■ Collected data
BEGIN
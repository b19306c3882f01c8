ghost use Rattle.std.specs.Prelude.{◌≡◌, ◌≤◌, ◌<◌, ◌+◌, [], true, IfSome};
ghost use Rattle.http_forms.specs.Passes.{AreSwept, KeepsSkips, MaySkip};
ghost use Rattle.http_forms.specs.Reader.{kept};
ghost use Rattle.request_workers.specs.Linking as spec;
ghost use Rattle.request_workers.specs.Linking.{Linked, TurnsLink, Answered, links_count, HasRoom};
ghost use Rattle.request_workers.specs.Scenes.{IsLater};

use crate::serve::visit;
use http_forms::{
    Answer, Answering, Incoming, ReadStop, Refused, Request, RequestReader, write_reply,
};
use reply_words::Told;
use script_value::Reply;
use std::alloc::Global;
use web_outside::{Clock, Gate, Link};

// The last tick of all, in seconds.
const LAST_TICK: u64 = (1 << 62) - 1;

/// Why a link was served no further.
#[derive(Clone, Copy, Debug, PartialEq, Eq)]
pub enum LinkEnd {
    /// The last request that was answered closes the connection, or is the last one that may come.
    Closed,
    /// The next bytes were refused, and this was written.
    Refused(Refused),
    /// The link ended before a byte of the next request.
    Idle,
    /// Reading failed.
    ReadFault,
    /// Writing failed: a reply or a refusal is written in part.
    WriteFault,
    /// Memory ran out.
    Memory,
}

/// How a link was served.
#[derive(Clone, Copy, Debug, PartialEq, Eq)]
pub struct Links {
    /// Visits that were answered with a page, written or not.
    pub pages: u64,
    /// All other visits.
    pub refused: u64,
    /// Why it was served no further.
    pub end: LinkEnd,
}

impl Links {
    // Nothing was served yet.
    fn nothing() -> Links
        ensures { links_count result ≡ spec.no_visit }
    {
        Links {
            pages: 0,
            refused: 0,
            end: LinkEnd::Idle,
        }
    }

    // One visit more, which had this reply.
    fn count(&mut self, reply: &Reply)
        requires { HasRoom self.old }
        ensures { links_count self.new ≡ spec.both (links_count self.old) (spec.visited reply.now) }
    {
        match Told::of(reply) {
            Told::Page(_) => self.pages += 1,
            Told::Word(..) => self.refused += 1,
        }
    }
}

// Whether each shelf was swept.
fn are_swept(answers: &[Result<u32, Reply>]) -> bool
    ensures { result ≡ true → AreSwept answers.now }
{
    match answers {
        [] => true,
        [Ok(_), rest @ ..] => are_swept(rest),
        [Err(_), ..] => false,
    }
}

// Sweeps the shelves at the clock's tick, unless they were swept at this tick before: then there is nothing to do, and no
// lock is taken. Says whether there was memory for their answers.
fn sweep<A: Answering, C: Clock>(
    alloc: Global,
    answering: &A,
    pass: &mut A::Pass,
    clock: &C,
    ticked: &mut Option<u64>,
) -> bool
    requires own { (A.rules answering.now).IsOwn pass.old }
    requires ticked { IfSome ticked.old (MaySkip (A.rules answering.now) pass.old) }
    ensures own { (A.rules answering.now).IsOwn pass.new }
    ensures ticked { IfSome ticked.new (MaySkip (A.rules answering.now) pass.new) }
    ensures swept { spec.SweptBy (A.rules answering.now) (C.shows clock.now) pass.old result pass.new }
{
    let tick = clock.now().min(LAST_TICK);
    if *ticked == Some(tick) {
        return true;
    }
    *ticked = None;
    let Ok(answers) = answering.tick(alloc, pass, tick) else {
        return false;
    };
    if are_swept(&answers) {
        *ticked = Some(tick);
    }
    true
}

// Makes the visit that a request asks for, and writes its reply. Says why the link is served no further, if so.
fn answer_request<A: Answering, L: Link, G: Gate>(
    alloc: Global,
    answering: &A,
    pass: &mut A::Pass,
    request: Request,
    link: &mut L,
    gate: &G,
    last: bool,
    links: &mut Links,
) -> Option<LinkEnd>
    requires own { (A.rules answering.now).IsOwn pass.old }
    requires room { HasRoom links.old }
    ensures own { (A.rules answering.now).IsOwn pass.new }
    ensures answered { Answered (A.rules answering.now) pass.old pass.new request last
        (L.view link.old) (L.view link.new) (links_count links.old) (links_count links.new) result }
    ensures skips { KeepsSkips (A.rules answering.now) pass.old pass.new }
    ensures later { IsLater (L.view link.old) (L.view link.new) }
{
    let Request {
        target,
        answer,
        closes,
        ..
    } = request;
    let closes = closes || last;
    let reply = visit(alloc, answering, pass, target, answer, gate);
    links.count(&reply);
    let answer = Answer::Reply(reply);
    if write_reply(&answer, closes, link.output()).is_err() {
        return Some(LinkEnd::WriteFault);
    }
    if closes {
        return Some(LinkEnd::Closed);
    }
    None
}

// Writes why the bytes of a link are refused.
fn refuse<L: Link>(link: &mut L, reason: Refused) -> LinkEnd
    ensures refused { spec.Refuses reason (L.view link.old) (L.view link.new) result }
    ensures later { IsLater (L.view link.old) (L.view link.new) }
{
    if write_reply(&Answer::Refused(reason), true, link.output()).is_err() {
        return LinkEnd::WriteFault;
    }
    LinkEnd::Refused(reason)
}

// Sweeps at the clock's tick, and then serves the next request of the link. Says why the link is served no further, if so.
fn take_request<A: Answering, L: Link, C: Clock, G: Gate>(
    alloc: Global,
    answering: &A,
    pass: &mut A::Pass,
    reader: &mut RequestReader,
    link: &mut L,
    clock: &C,
    gate: &G,
    left: u32,
    ticked: &mut Option<u64>,
    links: &mut Links,
) -> Option<LinkEnd>
    requires own { (A.rules answering.now).IsOwn pass.old }
    requires room { HasRoom links.old }
    requires some { 0 < left }
    requires ticked { IfSome ticked.old (MaySkip (A.rules answering.now) pass.old) }
    ensures own { (A.rules answering.now).IsOwn pass.new }
    ensures ticked { IfSome ticked.new (MaySkip (A.rules answering.now) pass.new) }
    ensures turn { TurnsLink (A.rules answering.now) (C.shows clock.now) left pass.old pass.new
        (kept reader.old) (kept reader.new) (L.view link.old) (L.view link.new)
        (links_count links.old) (links_count links.new) result }
    ensures later { IsLater (L.view link.old) (L.view link.new) }
{
    if sweep(alloc, answering, pass, clock, ticked) {
        match reader.next(alloc, link.input()) {
            Ok(Incoming::Visit(request)) => {
                answer_request(
                    alloc,
                    answering,
                    pass,
                    request,
                    link,
                    gate,
                    left == 1,
                    links,
                )
            }
            Ok(Incoming::Refused(reason)) => Some(refuse(link, reason)),
            Ok(Incoming::Nothing) => Some(LinkEnd::Idle),
            Err(ReadStop::Failed) => Some(LinkEnd::ReadFault),
            Err(ReadStop::Memory) => Some(LinkEnd::Memory),
        }
    } else {
        Some(LinkEnd::Memory)
    }
}

/// Serves one link: the requests that come over it, so many at most, each after the one before, until one closes the
/// connection, the next bytes are refused, no more come, or something fails. Before each the shelves are swept at the
/// clock's tick, which does nothing where they were at that tick before. Bytes read past a request are kept for the next.
pub fn serve_link<A: Answering, L: Link, C: Clock, G: Gate>(
    alloc: Global,
    answering: &A,
    pass: &mut A::Pass,
    link: &mut L,
    clock: &C,
    gate: &G,
    requests: u32,
) -> Links
    requires own { (A.rules answering.now).IsOwn pass.old }
    requires some { 0 < requests }
    requires few { requests ≤ 1000 }
    ensures own { (A.rules answering.now).IsOwn pass.new }
    ensures linked { Linked (A.rules answering.now) (C.shows clock.now) requests pass.old pass.new
        [] (L.view link.old) (L.view link.new) (links_count result) result.end }
    ensures few { result.pages + result.refused ≤ requests }
    ensures later { IsLater (L.view link.old) (L.view link.new) }
{
    let mut reader = RequestReader::new(alloc);
    let mut links = Links::nothing();
    let mut left = requests;
    let mut ticked = None;
    loop {
        let end = take_request(
            alloc,
            answering,
            pass,
            &mut reader,
            link,
            clock,
            gate,
            left,
            &mut ticked,
            &mut links,
        );
        match end {
            Some(end) => return Links { end, ..links },
            None => left -= 1,
        }
    }
}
END
■ About this task
From the line that has "use script_value::Reply;" through the line that has "shelf was swept.", copy every line exactly as it appears above, and leave out all others.

■ Response
use script_value::Reply;
use std::alloc::Global;
use web_outside::{Clock, Gate, Link};

// The last tick of all, in seconds.
const LAST_TICK: u64 = (1 << 62) - 1;

/// Why a link was served no further.
#[derive(Clone, Copy, Debug, PartialEq, Eq)]
pub enum LinkEnd {
    /// The last request that was answered closes the connection, or is the last one that may come.
    Closed,
    /// The next bytes were refused, and this was written.
    Refused(Refused),
    /// The link ended before a byte of the next request.
    Idle,
    /// Reading failed.
    ReadFault,
    /// Writing failed: a reply or a refusal is written in part.
    WriteFault,
    /// Memory ran out.
    Memory,
}

/// How a link was served.
#[derive(Clone, Copy, Debug, PartialEq, Eq)]
pub struct Links {
    /// Visits that were answered with a page, written or not.
    pub pages: u64,
    /// All other visits.
    pub refused: u64,
    /// Why it was served no further.
    pub end: LinkEnd,
}

impl Links {
    // Nothing was served yet.
    fn nothing() -> Links
        ensures { links_count result ≡ spec.no_visit }
    {
        Links {
            pages: 0,
            refused: 0,
            end: LinkEnd::Idle,
        }
    }

    // One visit more, which had this reply.
    fn count(&mut self, reply: &Reply)
        requires { HasRoom self.old }
        ensures { links_count self.new ≡ spec.both (links_count self.old) (spec.visited reply.now) }
    {
        match Told::of(reply) {
            Told::Page(_) => self.pages += 1,
            Told::Word(..) => self.refused += 1,
        }
    }
}

// Whether each shelf was swept.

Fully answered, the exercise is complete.